» What you need to do
Tell how many lines in the data below include the word "octets". The answer is the number only.

(Collected data entries)
┏━━
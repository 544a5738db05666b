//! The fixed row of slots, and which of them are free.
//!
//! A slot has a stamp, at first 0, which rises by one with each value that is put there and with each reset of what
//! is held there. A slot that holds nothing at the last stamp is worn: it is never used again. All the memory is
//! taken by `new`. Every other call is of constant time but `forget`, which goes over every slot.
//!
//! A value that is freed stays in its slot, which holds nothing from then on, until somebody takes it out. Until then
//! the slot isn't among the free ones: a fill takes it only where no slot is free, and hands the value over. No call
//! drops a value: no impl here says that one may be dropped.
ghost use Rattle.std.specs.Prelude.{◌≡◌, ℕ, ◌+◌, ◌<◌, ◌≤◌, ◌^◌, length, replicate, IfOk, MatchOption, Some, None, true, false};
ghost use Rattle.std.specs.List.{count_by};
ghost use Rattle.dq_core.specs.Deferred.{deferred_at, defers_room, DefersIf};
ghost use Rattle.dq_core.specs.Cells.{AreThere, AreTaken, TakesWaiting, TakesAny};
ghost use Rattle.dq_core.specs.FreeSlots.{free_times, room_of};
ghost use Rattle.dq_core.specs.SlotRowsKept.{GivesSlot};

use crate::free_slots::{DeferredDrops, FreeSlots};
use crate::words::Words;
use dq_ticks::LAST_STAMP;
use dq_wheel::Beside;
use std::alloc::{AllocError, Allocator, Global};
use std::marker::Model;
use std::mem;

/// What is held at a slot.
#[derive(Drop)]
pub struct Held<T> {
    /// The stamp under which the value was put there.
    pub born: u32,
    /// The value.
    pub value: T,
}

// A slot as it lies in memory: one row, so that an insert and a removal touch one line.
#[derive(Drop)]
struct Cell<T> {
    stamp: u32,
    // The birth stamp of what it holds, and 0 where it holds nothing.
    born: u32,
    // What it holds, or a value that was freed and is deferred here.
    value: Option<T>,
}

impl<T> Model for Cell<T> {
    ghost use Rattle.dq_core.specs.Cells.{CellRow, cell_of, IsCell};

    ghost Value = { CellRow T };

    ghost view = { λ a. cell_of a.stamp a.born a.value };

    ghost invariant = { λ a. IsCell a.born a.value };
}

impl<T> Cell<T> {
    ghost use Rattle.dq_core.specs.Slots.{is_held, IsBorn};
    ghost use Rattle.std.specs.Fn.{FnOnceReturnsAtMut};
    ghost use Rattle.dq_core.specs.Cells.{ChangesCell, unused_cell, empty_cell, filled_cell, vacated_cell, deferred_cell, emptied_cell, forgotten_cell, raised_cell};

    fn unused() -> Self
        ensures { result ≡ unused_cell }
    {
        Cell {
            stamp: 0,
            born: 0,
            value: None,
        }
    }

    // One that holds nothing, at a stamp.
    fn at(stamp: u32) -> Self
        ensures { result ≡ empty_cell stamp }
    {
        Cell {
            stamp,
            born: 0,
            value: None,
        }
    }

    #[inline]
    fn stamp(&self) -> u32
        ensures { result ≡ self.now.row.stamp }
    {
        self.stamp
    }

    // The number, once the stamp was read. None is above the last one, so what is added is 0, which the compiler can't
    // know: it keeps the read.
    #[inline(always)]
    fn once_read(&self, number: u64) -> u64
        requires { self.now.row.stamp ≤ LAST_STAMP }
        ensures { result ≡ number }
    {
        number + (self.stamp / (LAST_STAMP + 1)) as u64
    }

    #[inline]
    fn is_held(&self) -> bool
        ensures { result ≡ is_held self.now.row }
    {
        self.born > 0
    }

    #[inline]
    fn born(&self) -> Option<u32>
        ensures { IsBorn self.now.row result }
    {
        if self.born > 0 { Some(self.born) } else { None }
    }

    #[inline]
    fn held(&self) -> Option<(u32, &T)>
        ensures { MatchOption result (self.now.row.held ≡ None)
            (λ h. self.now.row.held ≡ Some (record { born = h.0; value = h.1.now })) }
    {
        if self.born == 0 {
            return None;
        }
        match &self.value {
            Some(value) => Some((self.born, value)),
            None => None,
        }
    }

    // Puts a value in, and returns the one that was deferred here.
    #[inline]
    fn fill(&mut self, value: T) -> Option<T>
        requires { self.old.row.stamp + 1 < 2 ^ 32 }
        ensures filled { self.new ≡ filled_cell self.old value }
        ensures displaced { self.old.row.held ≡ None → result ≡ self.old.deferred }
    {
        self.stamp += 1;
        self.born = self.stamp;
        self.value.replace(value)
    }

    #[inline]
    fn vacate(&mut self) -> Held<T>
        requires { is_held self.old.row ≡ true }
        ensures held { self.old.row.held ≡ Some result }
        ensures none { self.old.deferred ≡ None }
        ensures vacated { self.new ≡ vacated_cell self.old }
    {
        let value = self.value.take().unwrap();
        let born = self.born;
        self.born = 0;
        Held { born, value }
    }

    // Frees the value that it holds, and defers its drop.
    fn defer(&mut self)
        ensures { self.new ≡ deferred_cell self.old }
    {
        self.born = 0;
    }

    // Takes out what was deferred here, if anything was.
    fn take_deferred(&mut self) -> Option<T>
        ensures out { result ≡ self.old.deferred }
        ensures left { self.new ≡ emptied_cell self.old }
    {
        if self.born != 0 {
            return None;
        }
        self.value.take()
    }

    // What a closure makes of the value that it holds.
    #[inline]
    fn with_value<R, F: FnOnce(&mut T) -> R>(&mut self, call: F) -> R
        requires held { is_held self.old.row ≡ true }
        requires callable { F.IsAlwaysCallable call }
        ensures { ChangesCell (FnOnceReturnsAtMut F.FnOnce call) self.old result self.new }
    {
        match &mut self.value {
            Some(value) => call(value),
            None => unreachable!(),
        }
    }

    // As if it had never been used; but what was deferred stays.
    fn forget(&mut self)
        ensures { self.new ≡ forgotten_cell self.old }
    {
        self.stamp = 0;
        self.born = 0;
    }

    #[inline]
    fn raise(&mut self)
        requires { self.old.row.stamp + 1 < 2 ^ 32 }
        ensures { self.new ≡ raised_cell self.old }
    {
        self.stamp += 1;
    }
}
┗━━
┏━━
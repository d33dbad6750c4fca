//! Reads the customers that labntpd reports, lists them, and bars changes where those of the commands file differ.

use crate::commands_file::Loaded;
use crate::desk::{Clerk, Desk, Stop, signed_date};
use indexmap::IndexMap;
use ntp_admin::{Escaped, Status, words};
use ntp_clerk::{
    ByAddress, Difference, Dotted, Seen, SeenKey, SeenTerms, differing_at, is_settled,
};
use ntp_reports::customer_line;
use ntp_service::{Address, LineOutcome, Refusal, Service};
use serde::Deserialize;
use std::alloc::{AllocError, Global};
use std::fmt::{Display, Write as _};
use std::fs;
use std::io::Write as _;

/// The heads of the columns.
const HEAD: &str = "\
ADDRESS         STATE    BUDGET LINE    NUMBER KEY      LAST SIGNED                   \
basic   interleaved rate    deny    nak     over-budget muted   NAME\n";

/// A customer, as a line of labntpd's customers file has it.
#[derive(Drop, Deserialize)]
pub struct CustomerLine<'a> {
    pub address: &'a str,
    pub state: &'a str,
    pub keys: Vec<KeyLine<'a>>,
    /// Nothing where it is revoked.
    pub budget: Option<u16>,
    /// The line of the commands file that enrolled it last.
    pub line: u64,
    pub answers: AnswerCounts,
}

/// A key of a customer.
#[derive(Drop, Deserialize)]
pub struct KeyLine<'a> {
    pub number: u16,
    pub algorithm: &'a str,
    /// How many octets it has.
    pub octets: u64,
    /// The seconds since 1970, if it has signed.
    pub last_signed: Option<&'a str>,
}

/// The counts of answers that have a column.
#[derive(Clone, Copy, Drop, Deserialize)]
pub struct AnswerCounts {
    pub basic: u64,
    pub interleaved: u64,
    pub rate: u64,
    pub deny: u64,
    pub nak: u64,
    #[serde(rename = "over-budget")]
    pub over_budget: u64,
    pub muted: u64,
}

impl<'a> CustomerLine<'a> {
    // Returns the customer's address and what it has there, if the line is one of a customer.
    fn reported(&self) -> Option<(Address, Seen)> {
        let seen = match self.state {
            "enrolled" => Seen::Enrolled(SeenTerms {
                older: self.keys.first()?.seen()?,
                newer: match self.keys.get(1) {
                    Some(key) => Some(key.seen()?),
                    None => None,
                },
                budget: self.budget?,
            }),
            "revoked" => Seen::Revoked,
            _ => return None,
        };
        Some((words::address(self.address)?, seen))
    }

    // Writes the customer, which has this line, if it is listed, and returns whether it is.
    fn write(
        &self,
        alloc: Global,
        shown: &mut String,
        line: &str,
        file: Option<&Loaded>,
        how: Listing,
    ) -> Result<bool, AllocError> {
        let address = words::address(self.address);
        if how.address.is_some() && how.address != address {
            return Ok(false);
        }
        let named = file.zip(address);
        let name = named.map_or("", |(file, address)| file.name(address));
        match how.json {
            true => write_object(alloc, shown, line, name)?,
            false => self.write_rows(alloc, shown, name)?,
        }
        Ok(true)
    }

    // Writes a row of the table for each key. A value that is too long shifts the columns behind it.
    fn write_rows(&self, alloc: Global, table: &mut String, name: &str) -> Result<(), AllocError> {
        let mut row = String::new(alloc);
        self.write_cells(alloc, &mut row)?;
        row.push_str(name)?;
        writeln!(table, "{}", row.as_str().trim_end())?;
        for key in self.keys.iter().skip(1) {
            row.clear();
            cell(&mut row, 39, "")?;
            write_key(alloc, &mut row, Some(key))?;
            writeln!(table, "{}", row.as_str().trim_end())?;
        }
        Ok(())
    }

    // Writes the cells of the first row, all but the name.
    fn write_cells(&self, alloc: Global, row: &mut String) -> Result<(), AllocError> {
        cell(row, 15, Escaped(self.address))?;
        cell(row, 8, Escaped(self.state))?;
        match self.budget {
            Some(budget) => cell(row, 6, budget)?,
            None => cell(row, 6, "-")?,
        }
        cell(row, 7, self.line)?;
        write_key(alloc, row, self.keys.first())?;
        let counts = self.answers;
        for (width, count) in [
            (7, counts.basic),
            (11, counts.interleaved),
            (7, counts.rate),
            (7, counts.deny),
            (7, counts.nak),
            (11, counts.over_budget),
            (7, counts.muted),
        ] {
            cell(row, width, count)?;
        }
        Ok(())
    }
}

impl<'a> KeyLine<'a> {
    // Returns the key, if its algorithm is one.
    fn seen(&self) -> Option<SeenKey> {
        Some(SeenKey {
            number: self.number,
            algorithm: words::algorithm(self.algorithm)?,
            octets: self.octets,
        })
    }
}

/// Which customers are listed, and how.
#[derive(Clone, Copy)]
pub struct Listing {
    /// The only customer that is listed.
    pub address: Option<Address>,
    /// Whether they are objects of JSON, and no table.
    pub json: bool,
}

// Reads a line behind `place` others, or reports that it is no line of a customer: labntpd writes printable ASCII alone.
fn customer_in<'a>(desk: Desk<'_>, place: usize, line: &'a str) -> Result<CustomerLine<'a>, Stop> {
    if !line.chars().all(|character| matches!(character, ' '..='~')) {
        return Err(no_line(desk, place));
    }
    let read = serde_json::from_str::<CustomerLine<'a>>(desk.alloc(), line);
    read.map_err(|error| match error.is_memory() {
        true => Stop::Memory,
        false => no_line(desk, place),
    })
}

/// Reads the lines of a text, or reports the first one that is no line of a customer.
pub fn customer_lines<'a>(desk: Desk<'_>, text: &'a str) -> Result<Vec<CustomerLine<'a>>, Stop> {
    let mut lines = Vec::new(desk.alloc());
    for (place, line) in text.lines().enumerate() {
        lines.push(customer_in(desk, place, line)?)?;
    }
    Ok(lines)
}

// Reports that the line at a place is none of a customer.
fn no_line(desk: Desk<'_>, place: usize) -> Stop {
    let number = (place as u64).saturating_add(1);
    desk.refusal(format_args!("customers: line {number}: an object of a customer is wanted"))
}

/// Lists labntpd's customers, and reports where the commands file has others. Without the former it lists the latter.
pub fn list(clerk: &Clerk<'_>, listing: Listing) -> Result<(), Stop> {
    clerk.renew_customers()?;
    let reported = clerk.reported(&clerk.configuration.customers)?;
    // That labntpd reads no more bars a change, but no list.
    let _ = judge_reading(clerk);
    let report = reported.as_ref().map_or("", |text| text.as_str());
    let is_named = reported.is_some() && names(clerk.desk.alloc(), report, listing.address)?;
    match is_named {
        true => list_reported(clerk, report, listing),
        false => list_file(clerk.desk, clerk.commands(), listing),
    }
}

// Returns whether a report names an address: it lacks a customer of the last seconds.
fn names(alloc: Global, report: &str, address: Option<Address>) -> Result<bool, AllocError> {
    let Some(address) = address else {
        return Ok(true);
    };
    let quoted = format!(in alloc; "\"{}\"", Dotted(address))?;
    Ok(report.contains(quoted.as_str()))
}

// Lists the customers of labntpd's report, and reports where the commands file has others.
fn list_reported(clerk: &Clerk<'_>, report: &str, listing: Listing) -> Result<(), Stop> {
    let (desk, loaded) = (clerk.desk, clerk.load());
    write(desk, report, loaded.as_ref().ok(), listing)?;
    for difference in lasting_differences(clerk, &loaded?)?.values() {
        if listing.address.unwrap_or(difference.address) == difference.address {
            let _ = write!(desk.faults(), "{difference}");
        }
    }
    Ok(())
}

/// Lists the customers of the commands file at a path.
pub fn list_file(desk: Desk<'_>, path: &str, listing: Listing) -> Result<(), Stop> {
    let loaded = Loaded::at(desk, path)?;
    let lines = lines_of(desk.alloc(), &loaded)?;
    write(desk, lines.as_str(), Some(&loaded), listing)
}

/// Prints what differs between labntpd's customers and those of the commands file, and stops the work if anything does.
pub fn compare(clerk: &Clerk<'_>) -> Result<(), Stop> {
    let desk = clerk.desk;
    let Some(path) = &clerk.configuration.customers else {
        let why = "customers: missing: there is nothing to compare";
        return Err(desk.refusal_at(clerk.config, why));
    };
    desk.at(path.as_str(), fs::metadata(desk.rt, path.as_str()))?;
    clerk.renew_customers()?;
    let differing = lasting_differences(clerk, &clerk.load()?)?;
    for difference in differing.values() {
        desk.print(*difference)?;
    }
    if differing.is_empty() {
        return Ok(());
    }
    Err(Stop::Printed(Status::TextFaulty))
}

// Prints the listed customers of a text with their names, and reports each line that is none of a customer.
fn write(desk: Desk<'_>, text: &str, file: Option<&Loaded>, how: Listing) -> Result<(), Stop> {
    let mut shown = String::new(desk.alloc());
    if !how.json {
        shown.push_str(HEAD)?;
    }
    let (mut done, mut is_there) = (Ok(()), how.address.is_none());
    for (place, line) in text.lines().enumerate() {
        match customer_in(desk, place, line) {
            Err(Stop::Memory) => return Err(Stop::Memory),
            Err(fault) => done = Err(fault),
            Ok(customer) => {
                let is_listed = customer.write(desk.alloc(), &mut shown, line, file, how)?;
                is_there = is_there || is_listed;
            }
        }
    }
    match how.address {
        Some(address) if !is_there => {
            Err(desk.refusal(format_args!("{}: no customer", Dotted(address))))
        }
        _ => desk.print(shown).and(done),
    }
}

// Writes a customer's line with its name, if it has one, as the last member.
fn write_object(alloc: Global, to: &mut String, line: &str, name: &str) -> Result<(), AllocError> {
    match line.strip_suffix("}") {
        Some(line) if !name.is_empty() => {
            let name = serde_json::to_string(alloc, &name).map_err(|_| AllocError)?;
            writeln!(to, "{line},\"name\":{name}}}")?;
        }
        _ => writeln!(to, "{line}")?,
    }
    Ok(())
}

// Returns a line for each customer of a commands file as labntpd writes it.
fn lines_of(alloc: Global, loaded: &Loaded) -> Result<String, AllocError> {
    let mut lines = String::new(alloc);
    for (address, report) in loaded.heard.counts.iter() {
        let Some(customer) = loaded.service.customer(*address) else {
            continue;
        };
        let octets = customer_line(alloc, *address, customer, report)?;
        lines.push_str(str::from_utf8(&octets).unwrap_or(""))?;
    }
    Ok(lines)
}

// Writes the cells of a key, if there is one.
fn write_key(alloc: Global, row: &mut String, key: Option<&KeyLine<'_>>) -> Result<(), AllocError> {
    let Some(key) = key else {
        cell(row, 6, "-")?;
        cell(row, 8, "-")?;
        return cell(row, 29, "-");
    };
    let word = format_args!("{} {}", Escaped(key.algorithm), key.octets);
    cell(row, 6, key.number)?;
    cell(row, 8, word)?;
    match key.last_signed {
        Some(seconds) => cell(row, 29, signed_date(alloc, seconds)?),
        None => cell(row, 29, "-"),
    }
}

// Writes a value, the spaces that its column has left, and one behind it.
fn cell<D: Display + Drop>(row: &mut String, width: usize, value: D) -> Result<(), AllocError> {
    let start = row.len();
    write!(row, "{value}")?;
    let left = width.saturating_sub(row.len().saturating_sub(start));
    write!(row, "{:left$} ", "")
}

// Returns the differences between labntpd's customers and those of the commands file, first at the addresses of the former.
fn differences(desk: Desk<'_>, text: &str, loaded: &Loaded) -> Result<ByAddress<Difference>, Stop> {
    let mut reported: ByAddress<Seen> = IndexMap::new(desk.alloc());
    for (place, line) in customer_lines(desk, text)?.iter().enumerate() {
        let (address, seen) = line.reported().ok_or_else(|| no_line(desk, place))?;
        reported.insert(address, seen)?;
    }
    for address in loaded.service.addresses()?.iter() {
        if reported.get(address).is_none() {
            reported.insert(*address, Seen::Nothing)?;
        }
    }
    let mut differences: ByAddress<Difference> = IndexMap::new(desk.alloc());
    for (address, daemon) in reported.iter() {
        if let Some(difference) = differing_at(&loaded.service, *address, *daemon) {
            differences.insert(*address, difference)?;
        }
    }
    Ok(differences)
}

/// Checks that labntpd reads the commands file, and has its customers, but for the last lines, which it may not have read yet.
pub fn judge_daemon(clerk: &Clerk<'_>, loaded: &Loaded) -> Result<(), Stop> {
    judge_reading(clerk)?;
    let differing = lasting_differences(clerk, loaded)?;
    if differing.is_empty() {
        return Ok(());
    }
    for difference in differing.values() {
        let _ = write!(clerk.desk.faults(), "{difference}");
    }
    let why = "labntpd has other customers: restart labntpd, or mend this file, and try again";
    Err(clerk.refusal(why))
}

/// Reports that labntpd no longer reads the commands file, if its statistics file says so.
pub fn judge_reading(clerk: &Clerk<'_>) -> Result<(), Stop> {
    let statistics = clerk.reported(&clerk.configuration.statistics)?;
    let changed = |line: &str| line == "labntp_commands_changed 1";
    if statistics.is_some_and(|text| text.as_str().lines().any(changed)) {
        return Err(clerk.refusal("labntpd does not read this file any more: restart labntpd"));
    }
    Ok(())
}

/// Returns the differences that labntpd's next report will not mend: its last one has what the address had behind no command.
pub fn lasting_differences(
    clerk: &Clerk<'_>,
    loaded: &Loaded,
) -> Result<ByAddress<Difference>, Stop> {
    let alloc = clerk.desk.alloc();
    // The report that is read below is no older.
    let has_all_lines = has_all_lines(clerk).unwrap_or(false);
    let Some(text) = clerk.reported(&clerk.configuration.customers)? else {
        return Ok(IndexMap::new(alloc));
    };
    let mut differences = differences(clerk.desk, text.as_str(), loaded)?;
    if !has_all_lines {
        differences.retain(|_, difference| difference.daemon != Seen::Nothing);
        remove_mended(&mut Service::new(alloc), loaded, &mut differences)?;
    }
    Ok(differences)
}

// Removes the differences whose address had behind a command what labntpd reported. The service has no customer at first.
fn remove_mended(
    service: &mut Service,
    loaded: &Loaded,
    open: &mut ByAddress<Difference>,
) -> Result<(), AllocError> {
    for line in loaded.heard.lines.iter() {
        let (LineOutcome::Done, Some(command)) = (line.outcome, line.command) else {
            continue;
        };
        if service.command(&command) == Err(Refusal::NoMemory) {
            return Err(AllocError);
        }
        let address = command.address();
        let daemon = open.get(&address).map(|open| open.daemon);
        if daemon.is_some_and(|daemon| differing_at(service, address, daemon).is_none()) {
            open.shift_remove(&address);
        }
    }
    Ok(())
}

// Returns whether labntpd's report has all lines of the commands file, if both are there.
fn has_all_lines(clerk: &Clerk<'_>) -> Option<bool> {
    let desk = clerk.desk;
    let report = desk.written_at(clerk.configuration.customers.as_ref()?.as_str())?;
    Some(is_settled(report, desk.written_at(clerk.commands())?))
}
┗━━
» Answer
6